Cliff’s later call caught me off guard, however. He was in the midst of hell breaking loose.
“Hi, Cliff,” I answered.
“What’s happenin’?”
“What’s up?”
“Uh, we have a bit of a problem here . . . let me put you on speaker . . . Eric, I’m here with Uncle Bruce in the office of Rita, the director of the nursing home. Rita? This is Eric Nilsson on the line; Mr. Holman’s nephew from Minnesota.”
In the background I could hear UB arguing angrily with Rita.
“Hi Mr. Nelson. This is Rita . . . Mr. Holman, you’re going to have to calm down or I’m going to have to have you removed from my office . . .”
“Eric,” Cliff cut in, “Uncle Bruce does not want to be here, and he’s . . .”
UB’s voice was that of a disruptive teenager, and I could hear what sounded like furniture crashing around in the background. “. . . put that chair down, Mr. Holman,” I heard Rita say.
“Uncle Bruce is getting a little out of hand here,” said Cliff, his tone sounding like a commentator at an All-Star Wrestling match. “We were hoping you could calm him down a little.”
“. . . and you can’t keep me here!” I overheard UB say to Rita. “It’s false imprisonment, and I’ll sue you for this . . .”

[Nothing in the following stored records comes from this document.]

//! The two paths of a move.

ghost use Rattle.std.specs.Prelude.{◌≡◌, ◌++◌, ◌∷◌, [], ◌<◌, IfOk};
ghost use Rattle.merged_walk.specs.EditStops.{is_before, old_index};

use plain_types::memory::Memory;
use std::alloc::Global;

/// The path of a child, by the path of its parent and its index. Time linear in the path.
pub(crate) fn child_path(
    alloc: Global,
    parent: &[usize],
    index: usize,
) -> Result<Vec<usize>, Memory>
    ensures path { IfOk result (λ path. path.items ≡ parent.now ++ index ∷ []) }
{
    let mut path = Vec::from_slice(alloc, parent)?;
    path.push(index)?;
    Ok(path)
}

/// Whether a path leads to a node before the place that another names, and not to that place or into it. Time linear
/// in the shorter path.
pub(crate) fn is_before(path: &[usize], place: &[usize]) -> bool
    ensures before { result ≡ is_before path.now place.now }
{
    for index in 0..path.len().min(place.len()) {
        let step = path[index];
        let position = place[index];
        if step != position {
            return step < position;
        }
    }
    false
}

/// The index at which a moved node comes, counted among its siblings before the move: one more where the node goes
/// from before it. Time linear in the paths.
pub(crate) fn old_index(from: &[usize], parent: &[usize], index: usize) -> usize
    requires fits { index < usize.MAX }
    ensures index { result ≡ old_index from.now parent.now index }
{
    let Some((gone, above)) = from.split_last() else {
        return index;
    };
    if above != parent {
        return index;
    }
    if *gone < index {
        return index + 1;
    }
    index
}
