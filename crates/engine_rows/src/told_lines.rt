//! The lines that edits change, worked out by hand.

ghost use Rattle.std.specs.Prelude.{◌≡◌, ◌<◌};

use crate::edits::edit_of;
use changed_lines::changed_line::ChangedLine;
use evaluation_rows::trees::tree_of;
use marker_engine::engine::Engine;
use plain_types::box_kind::BoxKind;
use plain_types::memory::Memory;
use plain_types::text::Text;
use std::alloc::Global;
use std::marker::Brand;
use std::sync::ledger::{Blank, Ledger};
use std::test::Fail;
use steps::Steps;

/// A document, its sheet, and an edit as a line of a script; and the lines that it changes, each with a `;` behind it.
type Row = (&'static str, &'static str, &'static str, &'static str);

static ROWS: [Row; 8] = [
    // an item comes, and those behind it have other numbers
    (
        "<ol><li/><li/><li/></ol>",
        "",
        "insert / 1 <li/>",
        r#"/1 marker "2. ";/2 marker "3. ";/3 marker "4. ";"#,
    ),
    // of what goes nothing is told
    (
        "<ol><li/><li/><li/></ol>",
        "",
        "remove /0",
        r#"/0 marker "1. ";/1 marker "2. ";"#,
    ),
    // a box goes and its element stays
    (
        r#"<p class="x"/>"#,
        r#".x::before{content:"b"}"#,
        "unset / class",
        "/ before gone;",
    ),
    // a text that stays is not told, though it has another path
    (
        "<p><i/><b/></p>",
        r#"b::before{content:"b"}"#,
        "move /0 / 1",
        "",
    ),
    // an element is told before those in it, and its after box too, which has the counter of the list in it besides its own
    (
        "<ol><li><ol><li/></ol></li><li/></ol>",
        r#"li::after{content:counters(list-item,".")}"#,
        "insert / 0 <li/>",
        r#"/0 marker "1. ";/0 after "1";/1 marker "2. ";/1 after "2.1";/1/0/0 after "2.1";/2 marker "3. ";/2 after "3";"#,
    ),
    // elements of which only counters are other have no lines, before one that has some and behind it
    (
        "<p><b/><i/><b/></p>",
        r#"b{counter-increment:n}i::before{content:counter(n)}"#,
        "insert / 0 <b/>",
        r#"/2 before "2";"#,
    ),
    // what refers to an element is told where that changes
    (
        r##"<p><a href="#x"/><b id="x"/></p>"##,
        r#"p{counter-reset:n}b{counter-increment:n}a::before{content:target-counter(attr(href),n)}"#,
        "insert / 0 <b/>",
        r#"/1 before "2";"#,
    ),
    // another sheet
    ("<p><b/></p>", "", "sheet plain.css", r#"/0 before "b";"#),
];

/// Adds a line as rows tell it.
fn show_line(alloc: Global, line: &ChangedLine, out: &mut Text) -> Result<(), Memory> {
    if line.path.as_slice().is_empty() {
        out.push_str("/")?;
    }
    for position in line.path.as_slice() {
        out.push_str(format!(in alloc; "/{position}")?.as_str())?;
    }
    out.push_str(match line.kind {
        BoxKind::Element => " element",
        BoxKind::Marker => " marker",
        BoxKind::Before => " before",
        BoxKind::After => " after",
    })?;
    match &line.text {
        Some(text) => out.push_str(format!(in alloc; " \"{}\";", text.as_str())?.as_str()),
        None => out.push_str(" gone;"),
    }
}

/// The lines that the edit of a row changes, as rows tell them.
fn told_by<L: Ledger>(rt: &HostRuntime, blank: Blank, row: &Row) -> Result<Text, Fail>
    requires name { blank.name ≡ L.name }
    requires parts { blank.parts ≡ L.parts }
    requires some { 0 < L.parts }
{
    let (document, sheet, line, _lines) = row;
    let alloc = rt.alloc();
    let mut steps = Steps::<L>::open(rt, blank);
    let Some(tree) = tree_of(alloc, document)? else {
        return Err(Fail::from("no document"));
    };
    let mut engine = Engine::start(alloc, tree, sheet, &mut steps)?;
    let edit = edit_of(alloc, line)?;
    let lines = engine.apply_and_tell(alloc, &edit, &mut steps)??;
    let mut out = Text::new(alloc);
    for line in lines.as_slice() {
        show_line(alloc, line, &mut out)?;
    }
    Ok(out)
}

/// The same, with steps that nobody reads.
fn told(rt: &HostRuntime, row: &Row) -> Result<Text, Fail> {
    told_by::<Brand>(rt, Blank::new(1), row)
}

#[test]
fn changed_lines_are_told(rt: HostRuntime) -> Result<(), Fail> {
    for row in &ROWS {
        assert_eq!(rt; told(&rt, row)?.as_str(), row.3);
    }
    Ok(())
}
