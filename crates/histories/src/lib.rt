// No functions: what a history is, its sources, write order, reasons and edges, what the chapter asks of a graph, and the theorems.
#![tactic(auto)]
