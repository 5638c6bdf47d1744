// A lent table of 32-bit words, `width` words a row: word k of row i stands at place i * width + k.
// In order: reading a word; storing one; clearing all. The first two are total: past the table's end a word reads as
// 0 and a store changes nothing, so that callers owe nothing on any content. Not here: what the words mean. Assumes
// nothing.
#![tactic(auto)]

ghost use Rattle.std.specs.Prelude.{◌≡◌};
ghost use Rattle.table.specs.Table.{word_of, store_of, clear_of};

#[tactic(auto, unfolding(crate::specs::Table::word_of))]
pub fn word(table: &[u32], width: u32, i: u32, k: u32) -> u32
    ensures { result ≡ word_of width table.now i k }
{
    let place = i as usize * width as usize + k as usize;
    table.get(place).copied().unwrap_or(0)
}

#[tactic(auto, unfolding(crate::specs::Table::store_of))]
pub fn store(table: &mut [u32], width: u32, i: u32, k: u32, v: u32)
    ensures { table.new ≡ store_of width table.old i k v }
{
    let place = i as usize * width as usize + k as usize;
    // Not by `get_mut`: its contract says nothing of what the slice ends as.
    if place < table.len() {
        table[place] = v;
    }
}

// Every word 0.
pub fn clear(table: &mut [u32])
    ensures { table.new ≡ clear_of table.old }
{
    table.fill(0);
}
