//! Operands of three-address code, and the meanings of letters and numbers.

use crate::types::{constant, int_type, letter_of, next_place, place_of};
use tac_code::{Comparison, Operand, Operation, Parameter, Place, Reading, Target};
use test_rows::Words;

/// `tN`, `kN`, `oN` or `pN` for a temporary, a slot, an object or the referent of an array parameter; else a constant.
pub fn operand_of(word: &[u8]) -> Operand {
    match letter_of(word) {
        b't' => Operand::Temporary(place_of(word)),
        b'k' => Operand::Kept(place_of(word)),
        b'o' => Operand::Object(place_of(word)),
        b'p' => Operand::Parameter(place_of(word)),
        _ => Operand::Constant(constant(word)),
    }
}

/// `tN`, `kN` or `oN`.
pub fn target_of(word: &[u8]) -> Target {
    match letter_of(word) {
        b't' => Target::Temporary(place_of(word)),
        b'k' => Target::Kept(place_of(word)),
        _ => Target::Object(place_of(word)),
    }
}

/// `lN`, `sN` or `aN` for a string literal, a static object or an array of the call, `eN.I` for its element I, which has the type of this
/// letter, or `@` with an operand.
pub fn location_of(word: &[u8], letter: u8) -> Place {
    match letter_of(word) {
        b'l' => Place::Literal(place_of(word)),
        b's' => Place::Static(place_of(word)),
        b'a' => Place::Array(place_of(word)),
        b'e' => {
            let mut parts = Words::new(word, b'.');
            Place::Element {
                array: next_place(&mut parts),
                number: next_place(&mut parts),
                element: int_type(letter),
            }
        }
        _ => Place::At(operand_of(word.get(1..).unwrap_or(b""))),
    }
}

/// `s` for signed, else unsigned.
pub fn reading_of(letter: u8) -> Reading {
    match letter {
        b's' => Reading::Signed,
        _ => Reading::Unsigned,
    }
}

/// `n` for a number, else an array.
pub fn parameter_of(letter: u8) -> Parameter {
    match letter {
        b'n' => Parameter::Number,
        _ => Parameter::Array,
    }
}

/// A comparison by its number.
pub fn comparison_of(number: usize) -> Comparison {
    match number {
        0 => Comparison::Equal,
        1 => Comparison::NotEqual,
        2 => Comparison::Less,
        _ => Comparison::GreaterEqual,
    }
}

/// An operation by its number.
pub fn operation_of(number: usize) -> Operation {
    match number {
        0 => Operation::Multiply,
        1 => Operation::Divide,
        2 => Operation::Remainder,
        3 => Operation::Add,
        4 => Operation::Subtract,
        5 => Operation::ShiftLeft,
        6 => Operation::ShiftRight,
        7 => Operation::And,
        8 => Operation::ExclusiveOr,
        9 => Operation::Or,
        10 => Operation::Less,
        11 => Operation::Equal,
        _ => Operation::NotEqual,
    }
}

“I’ve never seen him so out of control,” Cliff said to me. “I mean he’s in full riot mode.”
“Let me talk to him . . .”
“Bruce, it’s Eric on the phone,” said Cliff, trying to lower the tension. “He wants to talk to you.”
“That may be,” UB shouted back at Cliff, “but I don’t want to talk to him. I’m suing everyone for false imprisonment. You can’t keep me here against my will.”
“Mr. Holman, we can’t have you acting this way,” said Rita.
“No? Then let me go.”
In his commentator voice, Cliff described what was happening. “Security is now taking him away.”
“Where?”
“I don’t know. Away from Rita’s office.” I could hear a door close in the background. “Whew, okay,” Cliff continued without noise competition from UB’s rumpus, “now it’s just Rita and me and you.”
“Good grief,” I said. “Rita, I’m sorry you having to deal with my uncle. He doesn’t see things the way the rest of us do.”
“You’re right about that. He’s been impossible to deal with the moment he landed here, and I have to tell you, Mr. Nelson, with all due respect, I don’t think we can allow him to stay here. He obviously doesn’t want to be here, and you’re going to have to find an alternative for him. Cliff, I can give you some names and numbers of people to call, but I have to be honest with you, he’s going to have to be in a confined unit.”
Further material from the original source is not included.